In conclusion, the shell film modified with cationic surfactant showed the best odor adsorption and removal ability for all kinds of odors, and showed good physical properties at least 80% compared to LDPE films in terms of mechanical properties. In addition, in the case of Examples 4, 6 substituted with a cation showed a gentle odor removal ability, it was found that the mechanical properties are the best. In Comparative Example 2 using an unmodified shell powder, the odor removal ability was excellent, but the mechanical properties were deteriorated.

The present invention uses a shell powder whose surface is modified with a cation or a surfactant, which not only has excellent mechanical properties but also has an adsorption function for various odor causes, and is used for packaging leather products, plastic products, electronic products, chemicals, etc. It has the effect of providing the polyethylene composition which can be applied also to a material, and its manufacturing method.

Simple modifications and variations of the present invention can be readily used by those skilled in the art, and all such variations or modifications can be considered to be included within the scope of the present invention.

1 is a model diagram showing the principle that the odor is adsorbed in the film containing the shell powder according to the present invention.

2 is an IR spectrum of the shell film modified with DODAB according to the present invention.

3 is a graph comparing the maximum stress according to the shell content in the polyethylene film containing shell powder.

4 is a graph comparing the elongation at break according to the shell content in the polyethylene film containing the shell powder.

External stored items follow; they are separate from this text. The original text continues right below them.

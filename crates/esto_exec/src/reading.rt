//! Gets without inputs in place of those that have some, over rows that were asked for beforehand.
ghost use Rattle.std.specs.Prelude.{◌≡◌, ◌≢◌, ◌<◌, ◌+◌, ◌++◌, ◌∷◌, [], List, length, map, take, slice_get, Some, Contains, IfOk, OnOk};
ghost use Rattle.esto_steps.specs.declared.steps.Get.{Get};
ghost use Rattle.esto_steps.specs.declared.steps.Link.{Link};
ghost use Rattle.esto_steps.specs.Rows.{IsRowOf, held_by};
ghost use Rattle.esto_exec.specs.declared.slots.Side.TheVariants.{Nothing};
ghost use Rattle.esto_exec.specs.Instead.{given_shape, given_rows, IsInstead, AreEnough, AreInstead};
ghost use Rattle.esto_exec.specs.Runnable.{AreRunnable};
ghost use Rattle.esto_exec.specs.Slots.{side_of};
ghost use Rattle.esto_exec.specs.SoFar.{IsSoFar};
ghost use Rattle.esto_exec.specs.Turns.{IsReady, AreArities};

use crate::asked::{asked_by, can_ask, each_names, rows_before};
use crate::given::{Given, freed, renamed, without_inputs};
use crate::slots::first_of;
use crate::turns::{Prepared, SoFar};
use esto_columns::Rows;
use esto_steps::{Get, Gets, Whole};
use esto_term::{List, OutOfMemory};
use std::alloc::Global;

/// A get, and what it reads.
#[derive(Drop)]
struct Reading<'a, F> {
    get: Get,
    given: Given<'a, F>,
}

/// The get over its own fragment.
fn own_reading<'a, F: Whole>(
    alloc: Global,
    get: &Get,
    fragment: &'a F,
    number: usize,
) -> Result<Reading<'a, F>, OutOfMemory>
    ensures { IfOk result (λ it. (it.get.fragment ≡ number)
        × (it.get.inputs ≡ get.now.inputs) × (it.get.filters ≡ get.now.filters)
        × (given_shape F.shape it.given ≡ F.shape fragment.now)
        × (given_rows F.rows it.given ≡ F.rows fragment.now)) }
{
    let get = renamed(alloc, get, number)?;
    Ok(Reading {
        get,
        given: Given::Own(fragment),
    })
}

/// The get over the rows, with filters in place of its inputs.
fn asked_reading<'a, F: Whole>(
    alloc: Global,
    get: &Get,
    rows: Rows,
    number: usize,
) -> Result<Reading<'a, F>, OutOfMemory>
    ensures { IfOk result (λ it. (it.get.fragment ≡ number)
        × (it.get.inputs ≡ []) × (it.get.filters ≡ get.now.inputs ++ get.now.filters)
        × (given_shape F.shape it.given ≡ record { arity = rows.arity; ways = [] ∷ [] })
        × (given_rows F.rows it.given ≡ rows.rows)) }
{
    let stored = without_inputs(alloc, rows)?;
    let get = freed(alloc, get, number)?;
    Ok(Reading {
        get,
        given: Given::Asked(stored),
    })
}

/// The get of the number over its own fragment.
fn own_at<'a, F: Whole>(
    alloc: Global,
    steps: &Prepared,
    fragments: &'a [F],
    number: usize,
) -> Result<Reading<'a, F>, OutOfMemory>
    requires runnable { AreRunnable (map F.shape fragments.now) steps.now.gets.now }
    requires there { number < length steps.now.gets.now }
    ensures instead { IfOk result (λ it. IsInstead steps.now.arities.now steps.now.gets.now number
        it.get (given_shape F.shape it.given)) }
    ensures enough { IfOk result (λ it. AreEnough (IsRowOf (held_by (map F.rows fragments.now)))
        steps.now.arities.now steps.now.gets.now steps.now.equations.now number
        (given_rows F.rows it.given)) }
{
    let get = steps.gets.item(number);
    own_reading(alloc, get, &fragments[get.fragment], number)
}

/// The get of the number over what it gives when it is asked by the rows so far, which have what its inputs name.
fn asked_at<'a, F: Whole>(
    alloc: Global,
    steps: &Prepared,
    fragments: &'a [F],
    number: usize,
    so_far: &SoFar,
) -> Result<Reading<'a, F>, OutOfMemory>
    requires runnable { AreRunnable (map F.shape fragments.now) steps.now.gets.now }
    requires arities { AreArities (IsRowOf (held_by (map F.rows fragments.now))) steps.now.gets.now
        steps.now.arities.now }
    requires there { number < length steps.now.gets.now }
    requires under_way { IsSoFar (IsRowOf (held_by (map F.rows fragments.now)))
        steps.now so_far.now }
    requires fresh { ¬ (Contains so_far.now.done number) }
    requires ready { (get : Get) → slice_get steps.now.gets.now number ≡ Some get
        → IsReady steps.now.arities.now so_far.now.done get number }
    requires named { (get : Get) (link : Link) → slice_get steps.now.gets.now number ≡ Some get
        → Contains get.inputs link
        → side_of (take number steps.now.arities.now) link.source ≢ Nothing }
    ensures instead { IfOk result (λ it. IsInstead steps.now.arities.now steps.now.gets.now number
        it.get (given_shape F.shape it.given)) }
    ensures enough { IfOk result (λ it. AreEnough (IsRowOf (held_by (map F.rows fragments.now)))
        steps.now.arities.now steps.now.gets.now steps.now.equations.now number
        (given_rows F.rows it.given)) }
{
    let get = steps.gets.item(number);
    let rows = asked_by(
        alloc,
        &so_far.places,
        first_of(steps.arities, number),
        &get.inputs,
        &fragments[get.fragment],
        &so_far.rows,
    )?;
    asked_reading(alloc, get, rows, number)
}

/// The get of the number over what it gives when it is asked by the rows so far, where they have what its inputs name,
/// else over its own fragment.
fn reading_by<'a, F: Whole>(
    alloc: Global,
    steps: &Prepared,
    fragments: &'a [F],
    number: usize,
    so_far: &SoFar,
) -> Result<Reading<'a, F>, OutOfMemory>
    requires runnable { AreRunnable (map F.shape fragments.now) steps.now.gets.now }
    requires arities { AreArities (IsRowOf (held_by (map F.rows fragments.now))) steps.now.gets.now
        steps.now.arities.now }
    requires there { number < length steps.now.gets.now }
    requires under_way { IsSoFar (IsRowOf (held_by (map F.rows fragments.now)))
        steps.now so_far.now }
    requires named { (get : Get) (link : Link) → slice_get steps.now.gets.now number ≡ Some get
        → Contains get.inputs link
        → side_of (take number steps.now.arities.now) link.source ≢ Nothing }
    ensures instead { IfOk result (λ it. IsInstead steps.now.arities.now steps.now.gets.now number
        it.get (given_shape F.shape it.given)) }
    ensures enough { IfOk result (λ it. AreEnough (IsRowOf (held_by (map F.rows fragments.now)))
        steps.now.arities.now steps.now.gets.now steps.now.equations.now number
        (given_rows F.rows it.given)) }
{
    if !can_ask(steps, number, &steps.gets.item(number).inputs, so_far) {
        return own_at(alloc, steps, fragments, number);
    }
    asked_at(alloc, steps, fragments, number, so_far)
}

/// What stands for the get of the number: where it has inputs, a get without inputs over what it gives when it is asked
/// beforehand, if it can be.
fn reading_of<'a, F: Whole>(
    alloc: Global,
    steps: &Prepared,
    fragments: &'a [F],
    number: usize,
) -> Result<Reading<'a, F>, OutOfMemory>
    requires runnable { AreRunnable (map F.shape fragments.now) steps.now.gets.now }
    requires arities { AreArities (IsRowOf (held_by (map F.rows fragments.now))) steps.now.gets.now
        steps.now.arities.now }
    requires there { number < length steps.now.gets.now }
    ensures instead { IfOk result (λ it. IsInstead steps.now.arities.now steps.now.gets.now number
        it.get (given_shape F.shape it.given)) }
    ensures enough { IfOk result (λ it. AreEnough (IsRowOf (held_by (map F.rows fragments.now)))
        steps.now.arities.now steps.now.gets.now steps.now.equations.now number
        (given_rows F.rows it.given)) }
{
    let inputs = &steps.gets.item(number).inputs;
    if inputs.is_empty() || !each_names(first_of(steps.arities, number), inputs) {
        return own_at(alloc, steps, fragments, number);
    }
    let so_far = rows_before(alloc, steps, fragments, number)?;
    reading_by(alloc, steps, fragments, number, &so_far)
}

/// Gets, and what they read: a get of a number reads what stands at that number.
#[derive(Drop)]
pub(crate) struct Readings<'a, F> {
    pub gets: Gets,
    pub given: List<Given<'a, F>>,
}

/// Puts the get and what it reads at the end.
fn push_reading<'a, F: Whole>(
    readings: &mut Readings<'a, F>,
    reading: Reading<'a, F>,
) -> Result<(), OutOfMemory>
    ensures { OnOk result ((readings.new.gets ≡ readings.old.gets ++ reading.entry.get ∷ [])
        × (readings.new.given ≡ readings.old.given ++ reading.entry.given ∷ [])) }
{
    readings.gets.push(reading.get)?;
    readings.given.push(reading.given)
}

/// Puts what stands for the get of the number after what stands for those before it.
fn add_reading<'a, F: Whole>(
    alloc: Global,
    steps: &Prepared,
    fragments: &'a [F],
    number: usize,
    readings: &mut Readings<'a, F>,
) -> Result<(), OutOfMemory>
    requires runnable { AreRunnable (map F.shape fragments.now) steps.now.gets.now }
    requires arities { AreArities (IsRowOf (held_by (map F.rows fragments.now))) steps.now.gets.now
        steps.now.arities.now }
    requires there { number < length steps.now.gets.now }
    requires many { length readings.old.gets ≡ number }
    requires instead { AreInstead (IsRowOf (held_by (map F.rows fragments.now)))
        steps.now.arities.now steps.now.gets.now steps.now.equations.now readings.old.gets
        (map (given_shape F.shape) readings.old.given)
        (map (given_rows F.rows) readings.old.given) }
    ensures many { OnOk result (length readings.new.gets ≡ number + 1) }
    ensures instead { OnOk result (AreInstead (IsRowOf (held_by (map F.rows fragments.now)))
        steps.now.arities.now steps.now.gets.now steps.now.equations.now readings.new.gets
        (map (given_shape F.shape) readings.new.given)
        (map (given_rows F.rows) readings.new.given)) }
{
    let reading = reading_of(alloc, steps, fragments, number)?;
    push_reading(readings, reading)
}

/// Puts what stands for the gets into the list, which is empty.
fn add_readings<'a, F: Whole>(
    alloc: Global,
    steps: &Prepared,
    fragments: &'a [F],
    readings: &mut Readings<'a, F>,
) -> Result<(), OutOfMemory>
    requires runnable { AreRunnable (map F.shape fragments.now) steps.now.gets.now }
    requires arities { AreArities (IsRowOf (held_by (map F.rows fragments.now))) steps.now.gets.now
        steps.now.arities.now }
    requires many { length readings.old.gets ≡ 0 }
    requires instead { AreInstead (IsRowOf (held_by (map F.rows fragments.now)))
        steps.now.arities.now steps.now.gets.now steps.now.equations.now readings.old.gets
        (map (given_shape F.shape) readings.old.given)
        (map (given_rows F.rows) readings.old.given) }
    ensures many { OnOk result (length readings.new.gets ≡ length steps.now.gets.now) }
    ensures instead { OnOk result (AreInstead (IsRowOf (held_by (map F.rows fragments.now)))
        steps.now.arities.now steps.now.gets.now steps.now.equations.now readings.new.gets
        (map (given_shape F.shape) readings.new.given)
        (map (given_rows F.rows) readings.new.given)) }
{
    'gets: for number in 0..steps.gets.len() {
        add_reading(alloc, steps, fragments, number, readings)?;
    }
    Ok(())
}

/// What stands for the gets.
pub(crate) fn readings_of<'a, F: Whole>(
    alloc: Global,
    steps: &Prepared,
    fragments: &'a [F],
) -> Result<Readings<'a, F>, OutOfMemory>
    requires runnable { AreRunnable (map F.shape fragments.now) steps.now.gets.now }
    requires arities { AreArities (IsRowOf (held_by (map F.rows fragments.now))) steps.now.gets.now
        steps.now.arities.now }
    ensures many { IfOk result (λ it. length it.gets ≡ length steps.now.gets.now) }
    ensures instead { IfOk result (λ it. AreInstead (IsRowOf (held_by (map F.rows fragments.now)))
        steps.now.arities.now steps.now.gets.now steps.now.equations.now it.gets
        (map (given_shape F.shape) it.given) (map (given_rows F.rows) it.given)) }
{
    let mut readings = Readings {
        gets: List::new(alloc),
        given: List::new(alloc),
    };
    add_readings(alloc, steps, fragments, &mut readings)?;
    Ok(readings)
}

5 is a graph comparing the tear strength according to the shell content in the polyethylene film containing the shell powder.

6 is the GC spectrum of odor generated from the leather fabric itself.

7 is a graph comparing the odor removal ability of the shell film over time when packaging untreated leather products.

8 is a graph comparing the odor removal ability of the shell film with time when packaging leather products treated with triethylamine (TEA).

9 is a graph comparing the odor removal ability of the shell film with time when packaging leather products treated with pyridine.

Claims (7)

Shell powder is washed, dried and pretreated; Modifying the surface of the pretreated shell powder; And Adding 1-10% by weight of the shell-modified shell powder to the polyethylene resin; Method for producing a polyethylene resin composition, characterized in that consisting of steps. The method for producing a polyethylene resin composition according to claim 1, wherein the shell powder is modified using a cationic surfactant of C _11-19 . The method of claim 2, wherein the cationic surfactant is DODAB (n-dodecyl trimethylammonium bromide), CTAB (n-cetyltrimethylammonium bromide), or HTAB (n-hexadecyl trimethylammonium bromide). The method for producing a polyethylene resin composition according to claim 1, wherein the shell powder is modified using a divalent or trivalent cation. The method of claim 4, wherein the cation is Al, Ce, Mg. delete A polyethylene resin composition for packaging prepared by the method of any one of claims 1 to 5 and having an odor removal function containing 1-10% by weight of shell powder.